I dunno, man. It's like asking strangers to name your child.


----------



## lydanynom (May 26, 2010)

Hey, but how about The Frozen Head? Or maybe Corpsicle? ;-)


----------



## solman55 (Mar 6, 2010)

haha Im just trying to get a good name idea. Its harder than naming a kid imo its a watkins 27. i thought about naming the boat after our angle baby but that would be to hard to do.


----------



## poopdeckpappy (Jul 25, 2006)

Disney names ??, how about Watkins the Pooh............. sorry....... my first thought was Alfredo Linguini


----------



## solman55 (Mar 6, 2010)

haha thats a nice one. It just kinda reminds me of the younger days when kids shows where good the sad thing is im 21 haha


----------



## dmcMaine (Sep 1, 2010)

My vote goes to: Bippity-Boppity-Boo 

No?

Fantasia
Merryweather (from Sleeping Beauty)
Kanga (from Pooh)
Nakoma (Pocahantas)
Briar Rose
Perdita (The mommy dog in 101 Dalmations)


----------



## Mimsy (Mar 22, 2009)

Aurora.

Its Sleeping Beauty's name and also the Roman Goddess of the Dawn.


----------



## dmcMaine (Sep 1, 2010)

Something else to ask yourself: Do you want your boat's name to be common? I'm not a sailor (yet), and still I've seen countless Disney Princess names stenciled on transoms everywhere.
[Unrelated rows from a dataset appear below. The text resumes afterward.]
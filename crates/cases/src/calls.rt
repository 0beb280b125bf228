// The words that call what is tried and print its answer:
//
//     Translate L N     the list's first L bytes into the first N of the steps
//     Decode L G N      the list's first L bytes and the log's first G into the first N of the answers
//     Back C N          the first C steps as a capture, read back into the first N of the answers
//     Measure G K       how long part K of the log's first G bytes is
//     Vcd G N           the log's first G bytes as a waveform, into the first N of the text
//     Interpret T N     the text's first T bytes read back, into the first N of the steps
//     Load N            the board file's first N bytes
//     Check             the board
//     Events N C        check the events' first N bytes on the board, where the last clock is C
//     Run S G N         the first S steps and the events' first N bytes, into the log's first G
//     Plain L A N       the list's first L bytes and the events' first N, into the first A of the answers
//
// Where an output has fewer bytes, nothing is called.
use crate::desk::Desk;
use crate::script::{UnknownLetter, Word};
use board::{check, check_events, load};
use frame::{decode, log_part, translate};
use listener::listen;
use plain_machine::plain;
use std::io;
use verdict::Refusal;
use waveform::{read_vcd, write_vcd};

#[derive(Clone, Copy)]
pub(crate) enum Call {
    Translate,
    Decode,
    Back,
    Measure,
    Vcd,
    Interpret,
    Load,
    Check,
    Events,
    Run,
    Plain,
}

impl TryFrom<u8> for Call {
    type Error = UnknownLetter;

    fn try_from(letter: u8) -> Result<Call, UnknownLetter> {
        match letter {
            b'T' => Ok(Call::Translate),
            b'D' => Ok(Call::Decode),
            b'B' => Ok(Call::Back),
            b'M' => Ok(Call::Measure),
            b'V' => Ok(Call::Vcd),
            b'I' => Ok(Call::Interpret),
            b'L' => Ok(Call::Load),
            b'C' => Ok(Call::Check),
            b'E' => Ok(Call::Events),
            b'R' => Ok(Call::Run),
            b'P' => Ok(Call::Plain),
            _ => Err(UnknownLetter),
        }
    }
}

// The first bytes of a buffer; all of it where it has fewer.
fn first(buffer: &[u8], n: u32) -> &[u8] {
    buffer.get(..n as usize).unwrap_or(buffer)
}

// An answer: `done N` or `refused N at INDEX`.
fn told(rt: &impl Print, answer: Result<usize, Refusal>) -> io::Result<()> {
    match answer {
        Ok(n) => print!(rt; " done {n}"),
        Err(refusal) => {
            let number = u8::from(refusal.fault);
            print!(rt; " refused {number} at {}", refusal.index)
        }
    }
}

// What a call answers that writes to an output's first bytes.
fn into<F: FnOnce(&mut [u8]) -> Result<usize, Refusal>>(
    rt: &impl Print,
    output: &mut [u8],
    n: u32,
    call: F,
) -> io::Result<()>
    requires { F.IsAlwaysCallable call }
{
    match output.get_mut(..n as usize) {
        Some(part) => told(rt, call(part)),
        None => Ok(()),
    }
}

impl Desk {
    pub(crate) fn call(&mut self, rt: &impl Print, call: Call, word: Word) -> io::Result<()> {
        let Word { a, b, c, .. } = word;
        let list = first(&self.list, a);
        match call {
            Call::Translate => into(rt, &mut self.steps, b, |steps| translate(list, steps)),
            Call::Decode => {
                let log = first(&self.log, b);
                into(
                    rt,
                    &mut self.answers,
                    c,
                    |answers| decode(list, log, answers),
                )
            }
            // A capture has a byte for each clock as the steps do, so it is made in their buffer.
            Call::Back => {
                let levels = first(&self.steps, a);
                into(rt, &mut self.answers, b, |answers| listen(levels, answers))
            }
            Call::Measure => print!(rt; " {}", log_part(first(&self.log, a), b as usize).len()),
            Call::Vcd => {
                let log = first(&self.log, a);
                into(rt, &mut self.text, b, |text| write_vcd(log, text))
            }
            // A text read back gives a byte for each clock as the steps have, so it goes to their buffer.
            Call::Interpret => {
                let text = first(&self.text, a);
                into(rt, &mut self.steps, b, |flags| read_vcd(text, flags))
            }
            Call::Load => told(rt, load(first(&self.file, a)).verdict),
            Call::Check => told(rt, check(self.board)),
            Call::Events => told(
                rt,
                check_events(self.board, first(&self.events, a), b as usize),
            ),
            Call::Run => self.run(rt, word),
            Call::Plain => self.plain(rt, word),
        }
    }

    // The board that a machine hands back stays on the desk.
    fn run(&mut self, rt: &impl Print, word: Word) -> io::Result<()> {
        let events = first(&self.events, word.c);
        let Some(log) = self.log.get_mut(..word.b as usize) else {
            return Ok(());
        };
        let outcome = wire_machine::run(self.board, first(&self.steps, word.a), events, log);
        self.board = outcome.board;
        told(rt, outcome.verdict)
    }

    fn plain(&mut self, rt: &impl Print, word: Word) -> io::Result<()> {
        let events = first(&self.events, word.c);
        let Some(answers) = self.answers.get_mut(..word.b as usize) else {
            return Ok(());
        };
        let outcome = plain(self.board, first(&self.list, word.a), events, answers);
        self.board = outcome.board;
        told(rt, outcome.verdict)
    }
}
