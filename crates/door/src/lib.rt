// The bench's calls for C and Rust: numbers and byte slices. Each answers 0 when done, else number * 65536 + index; a
// refusal writes nothing.
#![tactic(auto)]

ghost use Rattle.std.specs.Prelude.{◌≡◌};
ghost use Rattle.verdict.specs.Refusal.{said};
ghost use Rattle.door.specs.Door.{code_of, OpensTranslate, OpensDecode, OpensRun, OpensPlain, OpensListen, OpensWriteVcd, OpensReadVcd};

use board::load;
use frame::{decode, translate};
use listener::listen;
use plain_machine::plain;
use verdict::Refusal;
use waveform::{read_vcd, write_vcd};
use wire_machine::run;

fn code(answer: Result<usize, Refusal>) -> u64
    ensures { result ≡ code_of (said answer) }
{
    match answer {
        Ok(_) => 0,
        Err(refusal) => u64::from(u8::from(refusal.fault)) * 65536 + (refusal.index % 65536) as u64,
    }
}

#[unsafe(no_mangle)]
pub extern "C" fn taksherub_translate(list: &[u8], steps: &mut [u8]) -> u64
    ensures { OpensTranslate list.now steps.old result steps.new }
{
    code(translate(list, steps))
}

// This one and `taksherub_plain` are alike but for the machine: C calls each by its name, and a closure for the machine's call would be no
// shorter than the call.
#[unsafe(no_mangle)]
pub extern "C" fn taksherub_run(board: &[u8], steps: &[u8], events: &[u8], log: &mut [u8]) -> u64
    ensures { OpensRun board.now steps.now events.now log.old result log.new }
{
    let loaded = load(board);
    let Ok(_) = loaded.verdict else {
        return code(loaded.verdict);
    };
    code(run(loaded.board, steps, events, log).verdict)
}

#[unsafe(no_mangle)]
pub extern "C" fn taksherub_decode(list: &[u8], log: &[u8], answers: &mut [u8]) -> u64
    ensures { OpensDecode list.now log.now answers.old result answers.new }
{
    code(decode(list, log, answers))
}

#[unsafe(no_mangle)]
pub extern "C" fn taksherub_plain(
    board: &[u8],
    list: &[u8],
    events: &[u8],
    answers: &mut [u8],
) -> u64
    ensures { OpensPlain board.now list.now events.now answers.old result answers.new }
{
    let loaded = load(board);
    let Ok(_) = loaded.verdict else {
        return code(loaded.verdict);
    };
    code(plain(loaded.board, list, events, answers).verdict)
}

#[unsafe(no_mangle)]
pub extern "C" fn taksherub_listen(levels: &[u8], answers: &mut [u8]) -> u64
    ensures { OpensListen levels.now answers.old result answers.new }
{
    code(listen(levels, answers))
}

#[unsafe(no_mangle)]
pub extern "C" fn taksherub_write_vcd(log: &[u8], text: &mut [u8]) -> u64
    ensures { OpensWriteVcd log.now text.old result text.new }
{
    code(write_vcd(log, text))
}

#[unsafe(no_mangle)]
pub extern "C" fn taksherub_read_vcd(text: &[u8], flags: &mut [u8]) -> u64
    ensures { OpensReadVcd text.now flags.old result flags.new }
{
    code(read_vcd(text, flags))
}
If you're ok with that, then any of the "big ones" would work. Personally, I've never been one to like things that are too common. 

Come to think of it, take Briar Rose off my suggestion list. That one is a prime candidate for my next (first) boat when (if!) I find her.


----------



## radioguy (Jul 26, 2010)

How about "Cuckold" ??


----------



## Ajax_MD (Nov 24, 2009)

dmcMaine said:


> Something else to ask yourself: Do you want your boat's name to be common?


If I had a nickel for all the re-runs of these names that I've seen, I'd be wealthy-

Sequel
Seaquel
Vitamen Sea
Aurora
Equinox
Solstice

And that's just in the stretch between Annapolis and Herring Bay, and I've only been sailing for 11 months! Many people display a frightening lack of imagination.


----------



## TintedChrome (Jul 8, 2008)

I always seem to gravitate towards naming things after women that have had an impact in my life.. Most of my cars, motorcycles, trucks, etc have been named that way depending on the "character traits" they exhibit.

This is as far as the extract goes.